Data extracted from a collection
____

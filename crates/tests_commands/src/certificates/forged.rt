//! Forged certificates on a table.
use std::alloc::Global;
use std::test::Fail;
use tests_inputs::tables::{
    APART, CERTIFICATE, CONTRADICTION, EQUAL, MORE_AND_LESS, certificate_of,
};
use tests_support::{CHECK, joined, rejects};

/// The certificate is rejected on the table with this line.
fn rejects_certificate(
    alloc: Global,
    table: &str,
    certificate: &str,
    line: &str,
) -> Result<(), Fail> {
    rejects(
        alloc,
        CHECK,
        &[("t.csv", table), ("c.json", certificate)],
        line,
    )
}

/// A certificate with these items is rejected on the table, with the item, the reason and the place.
fn rejects_items(alloc: Global, table: &str, items: &str, told: &str) -> Result<(), Fail> {
    let certificate = certificate_of(alloc, items)?;
    let line = format!(in alloc; "rejected item {told}\n")?;
    rejects_certificate(alloc, table, certificate.as_str(), line.as_str())
}

#[test]
fn a_certificate_of_another_table_is_rejected(rt: HostRuntime) -> Result<(), Fail> {
    let line = "rejected item 1 NotWeak place 1\n";
    rejects_certificate(rt.alloc(), APART, CERTIFICATE, line)
}

/// Tables, forged items, and where these fail.
const FORGED: &[(&str, &str, &str)] = &[
    (
        CONTRADICTION,
        "{\"cycle\":[1],\"item\":\"garp\"}",
        "1 Shape place 0",
    ),
    (
        CONTRADICTION,
        "{\"cycle\":[1,2],\"item\":\"garp\"}",
        "1 NotClosed place 0",
    ),
    (
        CONTRADICTION,
        "{\"cycle\":[1,3,1],\"item\":\"garp\"}",
        "1 Number place 2",
    ),
    (
        CONTRADICTION,
        "{\"item\":\"garp\",\"ranks\":[1,1]}",
        "1 Order place 1",
    ),
    (
        EQUAL,
        "{\"cycle\":[1,2,1],\"item\":\"garp\"}",
        "1 NoStrict place 0",
    ),
    (
        MORE_AND_LESS,
        "{\"item\":\"afriat\",\"lambda\":[\"1\",\"0\"],\"utility\":[\"0\",\"-4\"]}",
        "1 Number place 2",
    ),
    (
        CONTRADICTION,
        "{\"above\":[1,2,1],\"at_ranks\":[2,2],\"below\":[1,1],\"item\":\"efficiency\",\"level\":\"0\"}",
        "1 Level place 0",
    ),
    (
        CONTRADICTION,
        "{\"above\":[1,2,1],\"at_ranks\":[2,2],\"below\":[1,1],\"item\":\"efficiency\",\"level\":\"9/10\"}",
        "1 Order place 1",
    ),
    (
        CONTRADICTION,
        "{\"above\":[1,2,1],\"at_ranks\":[2,2],\"below\":[1,1],\"item\":\"efficiency\",\"level\":\"3/4\"}",
        "1 NotWeak place 1",
    ),
    (
        CONTRADICTION,
        "{\"cycle\":[1,2,1],\"item\":\"homothetic\",\"start\":\"0\"}",
        "1 Number place 0",
    ),
    (
        CONTRADICTION,
        "{\"item\":\"homothetic\",\"values\":[\"170141183460469231731687303715884105727\",\"1\"]}",
        "1 Wide place 1",
    ),
    (
        CONTRADICTION,
        "{\"item\":\"quasilinear\",\"values\":[\"0\",\"0\"]}",
        "1 Order place 1",
    ),
    (
        APART,
        "{\"cycle\":[1,2,1],\"item\":\"quasilinear\"}",
        "1 NotLess place 0",
    ),
];

#[test]
fn forged_items_are_told_with_reason_and_place(rt: HostRuntime) -> Result<(), Fail> {
    for (table, item, told) in FORGED {
        rejects_items(rt.alloc(), table, item, told)?;
    }
    Ok(())
}

const SEVERAL: &[(&str, &str)] = &[
    // the last of the five alone
    (
        "{\"cycle\":[1,2,1],\"item\":\"garp\"},{\"cycle\":[1,2,1],\"item\":\"afriat\"},{\"above\":[1,2,1],\"at_ranks\":[2,2],\"below\":[1,1],\"item\":\"efficiency\",\"level\":\"4/5\"},{\"cycle\":[1,2,1],\"item\":\"homothetic\",\"start\":\"1\"},{\"item\":\"quasilinear\",\"values\":[\"0\",\"0\"]}",
        "5 Order place 1",
    ),
    (
        "{\"cycle\":[1,2,1],\"item\":\"garp\"},{\"cycle\":[1,2],\"item\":\"afriat\"},{\"cycle\":[1,2,1],\"item\":\"homothetic\",\"start\":\"0\"}",
        "2 NotClosed place 0",
    ),
    // what is withheld claims nothing, and the next item does
    (
        "{\"item\":\"afriat\",\"withheld\":7},{\"item\":\"homothetic\",\"withheld\":[0,9,9]},{\"item\":\"garp\",\"ranks\":[1,1]}",
        "3 Order place 1",
    ),
];

#[test]
fn the_first_item_that_fails_is_told(rt: HostRuntime) -> Result<(), Fail> {
    for (items, told) in SEVERAL {
        rejects_items(rt.alloc(), CONTRADICTION, items, told)?;
    }
    Ok(())
}

/// An item on the demand of 3 at the prices 1 and 1, with these observations below, this inner demand and this
/// upper bound of the second good.
fn demand(alloc: Global, below: &str, inner: &str, upper: &str) -> Result<String, Fail> {
    joined(
        alloc,
        &[
            "{\"below\":[",
            below,
            "],\"expenditure\":\"3\",\"goods\":[{\"lower\":{\"den\":\"1\",\"value\":\"1\",\"x\":[\"1\",\"2\"],\"y\":[[2,\"1\"],[4,\"1\"]]},\"upper\":{\"den\":\"1\",\"value\":\"2\",\"x\":[\"2\",\"1\"],\"y\":[[1,\"1\"],[4,\"1\"]]}},{\"lower\":{\"den\":\"1\",\"value\":\"1\",\"x\":[\"2\",\"1\"],\"y\":[[1,\"1\"],[4,\"1\"]]},\"upper\":{\"den\":\"1\",\"value\":\"",
            upper,
            "\",\"x\":[\"1\",\"2\"],\"y\":[[2,\"1\"],[4,\"1\"]]}}],\"inner\":{\"den\":\"1\",\"num\":[",
            inner,
            "]},\"item\":\"demand\",\"prices\":[\"1\",\"1\"],\"strict\":[]}",
        ],
    )
}

const RANKS: &str = "{\"item\":\"garp\",\"ranks\":[1,1]},";

/// What stands before the item on demand, the observations below, the inner demand, the upper bound, and what fails.
const FORGED_DEMANDS: &[(&str, &str, &str, &str, &str)] = &[
    ("", "1,2", "\"2\",\"1\"", "2", "1 NoGarp place 0"),
    (RANKS, "1", "\"2\",\"1\"", "2", "2 Set place 1"),
    (RANKS, "1,2", "\"3\",\"1\"", "2", "2 Point place 0"),
    (RANKS, "1,2", "\"0\",\"3\"", "2", "2 Point place 2"),
    (RANKS, "1,2", "\"2\",\"1\"", "3", "2 Bound place 4"),
];

#[test]
fn forged_demands_are_told_with_reason_and_place(rt: HostRuntime) -> Result<(), Fail> {
    let alloc = rt.alloc();
    for (before, below, inner, upper, told) in FORGED_DEMANDS {
        let item = demand(alloc, below, inner, upper)?;
        let items = format!(in alloc; "{before}{item}")?;
        rejects_items(alloc, APART, items.as_str(), told)?;
    }
    Ok(())
}

#[test]
fn a_forged_welfare_is_told_with_reason_and_place(rt: HostRuntime) -> Result<(), Fail> {
    let items =
        "{\"item\":\"garp\",\"ranks\":[2,1]},{\"at\":1,\"item\":\"welfare\",\"lower\":{\"den\":\"1\",\"value\":\"4\",\"x\":[\"4\",\"0\"],\"y\":[[1,\"1\"]]},\"observation\":2,\"prices\":[\"1\",\"2\"],\"upper\":\"12\"}";
    rejects_items(rt.alloc(), MORE_AND_LESS, items, "2 Least place 2")
}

____

▶ **WHAT TO WORK ON**: Find the lines in the entries above where "APART" occurs, and copy each of them.

▶ **REPLY**:
    APART, CERTIFICATE, CONTRADICTION, EQUAL, MORE_AND_LESS, certificate_of,
    rejects_certificate(rt.alloc(), APART, CERTIFICATE, line)
        APART,
        rejects_items(alloc, APART, items.as_str(), told)?;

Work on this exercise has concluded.